** WORK ITEM **
Only lines containing the word "self" belong in the answer; copy each one from the records.

Stored entries
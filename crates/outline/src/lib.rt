// Outlines, the field's boundary code (B-code), to octagons and back, and the vertices of an octagon in metres.
//
// tables.rt and specs/Tables.antt have the step vectors and the pieces. specs/Walk.antt has the walk round an outline and the cells inside
// it; specs/Tracing.antt, Outlining.antt and Places.antt what the three calls answer, specs/Meaning.antt what that means;
// proofs/Tracings.antt, OneCell.antt, Vertices.antt, RoundTrips.antt and Metres.antt the theorems between them. comparing.rt and
// specs/Sameness.antt tell whether two outlines are one.
#![tactic(auto)]

ghost use Rattle.std.specs.Prelude.{◌≡◌};
ghost use Rattle.octagon.specs.Answers.{outcome};
ghost use Rattle.outline.specs.Tracing.{traced};
ghost use Rattle.outline.specs.Outlining.{outlined};
ghost use Rattle.outline.specs.Places.{located};
ghost use Rattle.outline.specs.Walk.{with_sides, sides_of};

use octagon::{NormalForm, Octagon, Refusal};
use place::Place;

mod closing;
pub mod comparing;
mod drawing;
mod locating;
pub mod place;
mod sides;
pub mod tables;
mod walk;

// Document 01's outline: the start, its lowest corner and of the lowest the leftmost, and eight side lengths, counter-clockwise.
#[derive(Clone, Copy, Debug, PartialEq, Eq, Hash)]
pub struct Outline {
    pub i: i32,
    pub j: i32,
    pub n0: u32,
    pub n1: u32,
    pub n2: u32,
    pub n3: u32,
    pub n4: u32,
    pub n5: u32,
    pub n6: u32,
    pub n7: u32,
}

impl Outline {
    // The outline of a start and the lengths of its sides.
    pub fn with_sides(i: i32, j: i32, n: [u32; 8]) -> Outline
        ensures { result ≡ with_sides i j n }
    {
        let [n0, n1, n2, n3, n4, n5, n6, n7] = n;
        Outline {
            i,
            j,
            n0,
            n1,
            n2,
            n3,
            n4,
            n5,
            n6,
            n7,
        }
    }

    // The lengths of its sides, n0 to n7.
    pub fn sides(self) -> [u32; 8]
        ensures { result ≡ sides_of self }
    {
        [
            self.n0, self.n1, self.n2, self.n3, self.n4, self.n5, self.n6, self.n7,
        ]
    }
}

// The octagon of an outline, under the name that README gives this conversion. Refuses one that does not close, then one with a cell off the map.
#[tactic(auto, unfolding(crate::specs::Tracing::traced))]
pub fn to_octagon(o: Outline) -> Result<Octagon, Refusal>
    ensures { outcome result ≡ traced o }
{
    if !closing::closes(o) {
        return Err(Refusal::NotClosed);
    }
    drawing::draw(o)
}

// The outline of any eight bounds, under the name that README gives it: that of their normal form. Refuses what `normalise` refuses.
#[tactic(auto, unfolding(crate::specs::Outlining::outlined))]
pub fn to_outline(o: Octagon) -> Result<Outline, Refusal>
    ensures { outcome result ≡ outlined o }
{
    Ok(sides::outline_of(NormalForm::of(o)?))
}

// Document 01's corner in metres: vertex k of the octagon of any eight bounds. Refuses what `normalise` refuses, then a k above 7.
#[tactic(auto, unfolding(crate::specs::Places::located))]
pub fn vertex_place(o: Octagon, k: u32) -> Result<Place, Refusal>
    ensures { outcome result ≡ located o k }
{
    locating::place_of_vertex(to_outline(o)?, k)
}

** RESULT BELOW **
    pub fn sides(self) -> [u32; 8]
        ensures { result ≡ sides_of self }
            self.n0, self.n1, self.n2, self.n3, self.n4, self.n5, self.n6, self.n7,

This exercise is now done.